■ REQUIRED ACTION ■
Out of the data below, copy every line with the string "SetBases".

■ DATA SHOWN ■

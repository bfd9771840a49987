//! Operations as four words of 64 bits, for tables of words that several threads share.
ghost use Rattle.std.specs.Prelude.{◌≡◌, ◌<◌, ◌≤◌, ◌^◌, ◌++◌, Some, None, option_map, ◌+◌, ◌↔◌, IfSome, IfNone, OnSome};
ghost use Rattle.std.specs.Prelude.{length, map, take, drop, min, [], ◌∷◌};
ghost use Rattle.at_value.specs.declared.operation.Op as ops;
ghost use Rattle.at_value.specs.Classes.{AreClasses};
ghost use Rattle.at_value.specs.Widths.{most_bases, operation_bits, base_bits, bases_a_word};
ghost use Rattle.at_value.specs.Fields.{number_of, FitWords};
ghost use Rattle.at_value.specs.Packing.{IsClass, IsBases, IsOp, heading_fields, row_fields, bases_fields};
ghost use Rattle.at_value.specs.Packing.{words_fields, words_of, HasWords};
ghost use Rattle.at_value.specs.ReadingOps.{classes_of_word, bases_from, heading_at, op_at};

use crate::bits::{joined, split};
use crate::list::Bases;
use crate::number::Class;
use crate::operation::Op;
use crate::word::{class_at, name_at, object_at, read_value, to_word};

// The kinds of operations, as word 0 has them.
const NEW_CLASS: u64 = 1;

const TYPE_SET: u64 = 2;

const TYPE_DEL: u64 = 3;

const SET_BASES: u64 = 4;

const NEW: u64 = 5;

const SET: u64 = 6;

const DEL: u64 = 7;

const SET_CLASS: u64 = 8;

const SHARE: u64 = 9;

const GET: u64 = 10;

const TYPE_GET: u64 = 11;

const SUPER: u64 = 12;

const SPECIAL: u64 = 13;

const CLASS_OF: u64 = 14;

const MRO: u64 = 15;

// In how many bits each field of word 0 stands, the kind from bit 0 on and each further one above it.
const OPERATION_BITS: u32 = 8;

const SUBJECT_BITS: u32 = 16;

const SECOND_BITS: u32 = 16;

const ATTRIBUTE_BITS: u32 = 16;

const BASE_BITS: u32 = 8;

const BASES_A_WORD: usize = 8;

const BASES_WORDS: usize = 3;

/// What word 0 of an operation has: its kind, the class or object that it is done to, a second number, and a name.
#[derive(Clone, Copy)]
struct Heading {
    kind: u64,
    subject: u64,
    second: u64,
    name: u64,
}

fn heading_word(kind: u64, subject: u16, second: u16, name: u16) -> u64
    requires { kind < 2 ^ operation_bits }
    ensures { result ≡ number_of (heading_fields kind subject second name) }
{
    let word = joined(u64::from(name), SECOND_BITS, u64::from(second));
    let word = joined(word, SUBJECT_BITS, u64::from(subject));
    joined(word, OPERATION_BITS, kind)
}

/// The bits above the fields aren't read.
fn heading_of(word: u64) -> Heading
    ensures { result ≡ heading_at word }
{
    let (kind, word) = split(word, OPERATION_BITS);
    let (subject, word) = split(word, SUBJECT_BITS);
    let (second, word) = split(word, SECOND_BITS);
    let (name, _) = split(word, ATTRIBUTE_BITS);
    Heading {
        kind,
        subject,
        second,
        name,
    }
}

fn word_of_row(row: &[Class]) -> u64
    requires { length row.now ≤ bases_a_word }
    ensures word { result ≡ number_of (row_fields base_bits row.now) }
    ensures range { AreClasses row.now }
{
    let mut word = 0;
    for i in (0..row.len()).rev() {
        word = joined(word, BASE_BITS, u64::from(row[i].number()));
    }
    word
}

fn row_of(bases: &[Class]) -> (&[Class], &[Class])
    ensures row { result.0.now ≡ take bases_a_word bases.now }
    ensures left { result.1.now ≡ drop bases_a_word bases.now }
{
    bases.split_at(bases.len().min(BASES_A_WORD))
}

fn words_of_bases(bases: &[Class]) -> [u64; BASES_WORDS]
    requires { length bases.now ≤ most_bases }
    ensures words { result ≡ map number_of (bases_fields bases.now) }
    ensures range { AreClasses bases.now }
{
    let (first, left) = row_of(bases);
    let (second, left) = row_of(left);
    let (third, _) = row_of(left);
    [word_of_row(first), word_of_row(second), word_of_row(third)]
}

fn read_row(bases: &mut Bases, count: usize, word: u64) -> Option<()>
    requires { length bases.old + count ≤ most_bases }
    ensures some { OnSome result
        (option_map (λ row. bases.old ++ row) (classes_of_word base_bits count word) ≡ Some bases.new) }
    ensures none { IfNone result (classes_of_word base_bits count word ≡ None) }
{
    let mut left = word;
    for _ in 0..count {
        let (base, above) = split(left, BASE_BITS);
        bases.push(class_at(base)?).ok()?;
        left = above;
    }
    Some(())
}

fn bases_of(count: u64, words: &[u64; BASES_WORDS]) -> Option<Bases>
    ensures { result ≡ bases_from count words.now }
{
    let mut left = count as usize;
    if left > Bases::MOST {
        return None;
    }
    let mut bases = Bases::none();
    for word in words {
        let here = left.min(BASES_A_WORD);
        read_row(&mut bases, here, *word)?;
        left -= here;
    }
    Some(bases)
}

/// The four words of an operation: its kind, the class or object that it is done to, a second class, object or number
/// of bases, and its name in word 0; its value in word 1, or its bases in the words after word 0. What an operation
/// doesn't have is 0. The layout is this project's own, and stands in `docs/DATA_MODEL.md`, "Words".
pub fn pack(op: &Op) -> [u64; 4]
    ensures words { result ≡ words_of op.now }
    ensures range { IsOp op.now }
{
    match op {
        Op::NewClass(c, bases) => packed_bases(NEW_CLASS, *c, bases),
        Op::TypeSet(c, n, v) => packed(TYPE_SET, c.number(), 0, n.number(), to_word(*v)),
        Op::TypeDel(c, n) => packed(TYPE_DEL, c.number(), 0, n.number(), 0),
        Op::SetBases(c, bases) => packed_bases(SET_BASES, *c, bases),
        Op::New(c) => packed(NEW, c.number(), 0, 0, 0),
        Op::Set(o, n, v) => packed(SET, o.number(), 0, n.number(), to_word(*v)),
        Op::Del(o, n) => packed(DEL, o.number(), 0, n.number(), 0),
        Op::SetClass(o, c) => packed(SET_CLASS, o.number(), c.number(), 0, 0),
        Op::Share(o, q) => packed(SHARE, o.number(), q.number(), 0, 0),
        Op::Get(o, n) => packed(GET, o.number(), 0, n.number(), 0),
        Op::TypeGet(c, n) => packed(TYPE_GET, c.number(), 0, n.number(), 0),
        Op::Super(k, o, n) => packed(SUPER, o.number(), k.number(), n.number(), 0),
        Op::Special(o, n) => packed(SPECIAL, o.number(), 0, n.number(), 0),
        Op::ClassOf(o) => packed(CLASS_OF, o.number(), 0, 0, 0),
        Op::Mro(c) => packed(MRO, c.number(), 0, 0, 0),
    }
}

fn packed(kind: u64, subject: u16, second: u16, name: u16, first: u64) -> [u64; 4]
    requires { kind < 2 ^ operation_bits }
    ensures { result ≡ number_of (heading_fields kind subject second name) ∷ first ∷ 0 ∷ 0 ∷ [] }
{
    [heading_word(kind, subject, second, name), first, 0, 0]
}

fn packed_bases(kind: u64, c: Class, bases: &Bases) -> [u64; 4]
    requires { kind < 2 ^ operation_bits }
    ensures words { result
        ≡ number_of (heading_fields kind c (length bases.now) 0) ∷ map number_of (bases_fields bases.now) }
    ensures range { IsClass c × IsBases bases.now }
{
    let heading = heading_word(kind, c.number(), bases.len() as u16, 0);
    let words = words_of_bases(bases.as_slice());
    [heading, words[0], words[1], words[2]]
}

/// Fields that the operation doesn't use may have anything.
fn read_op(heading: Heading, words: &[u64; BASES_WORDS]) -> Option<Op>
    ensures { result ≡ op_at heading words.now }
{
    let Heading {
        kind,
        subject,
        second,
        name,
    } = heading;
    Some(match kind {
        NEW_CLASS => Op::NewClass(class_at(subject)?, bases_of(second, words)?),
        TYPE_SET => Op::TypeSet(class_at(subject)?, name_at(name)?, read_value(words[0])?),
        TYPE_DEL => Op::TypeDel(class_at(subject)?, name_at(name)?),
        SET_BASES => Op::SetBases(class_at(subject)?, bases_of(second, words)?),
        NEW => Op::New(class_at(subject)?),
        SET => Op::Set(object_at(subject)?, name_at(name)?, read_value(words[0])?),
        DEL => Op::Del(object_at(subject)?, name_at(name)?),
        SET_CLASS => Op::SetClass(object_at(subject)?, class_at(second)?),
        SHARE => Op::Share(object_at(subject)?, object_at(second)?),
        GET => Op::Get(object_at(subject)?, name_at(name)?),
        TYPE_GET => Op::TypeGet(class_at(subject)?, name_at(name)?),
        SUPER => Op::Super(class_at(second)?, object_at(subject)?, name_at(name)?),
        SPECIAL => Op::Special(object_at(subject)?, name_at(name)?),
        CLASS_OF => Op::ClassOf(object_at(subject)?),
        MRO => Op::Mro(class_at(subject)?),
        _ => return None,
    })
}

/// The operation whose words these are, and none exactly where they are the words of no operation: where the kind is
/// none of the fifteen, a number is out of its range, there are more than eight bases, the word of the value is no
/// value's, or a bit is set that the operation doesn't use. The layout is that of `pack`.
pub fn unpack(w: [u64; 4]) -> Option<Op>
    ensures same { (op : ops.Op) → (result ≡ Some op) ↔ HasWords op w }
    ensures some { IfSome result (λ op. HasWords op w) }
    ensures none { IfNone result ((op : ops.Op) → ¬ HasWords op w) }
{
    let op = read_op(heading_of(w[0]), &[w[1], w[2], w[3]])?;
    if pack(&op) == w { Some(op) } else { None }
}

/// What is true of the words of operations: each number of an operation in range fits into its field, and the fields
/// into their word; and no two operations in range have the same words. It does nothing.
pub fn packing_laws()
    ensures fields { (o : ops.Op) → IsOp o → FitWords (words_fields o) }
    ensures one_each { (o p : ops.Op) → IsOp o → IsOp p → words_of o ≡ words_of p → o ≡ p }
{}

■ ANSWER SECTION ■
        Op::SetBases(c, bases) => packed_bases(SET_BASES, *c, bases),
        SET_BASES => Op::SetBases(class_at(subject)?, bases_of(second, words)?),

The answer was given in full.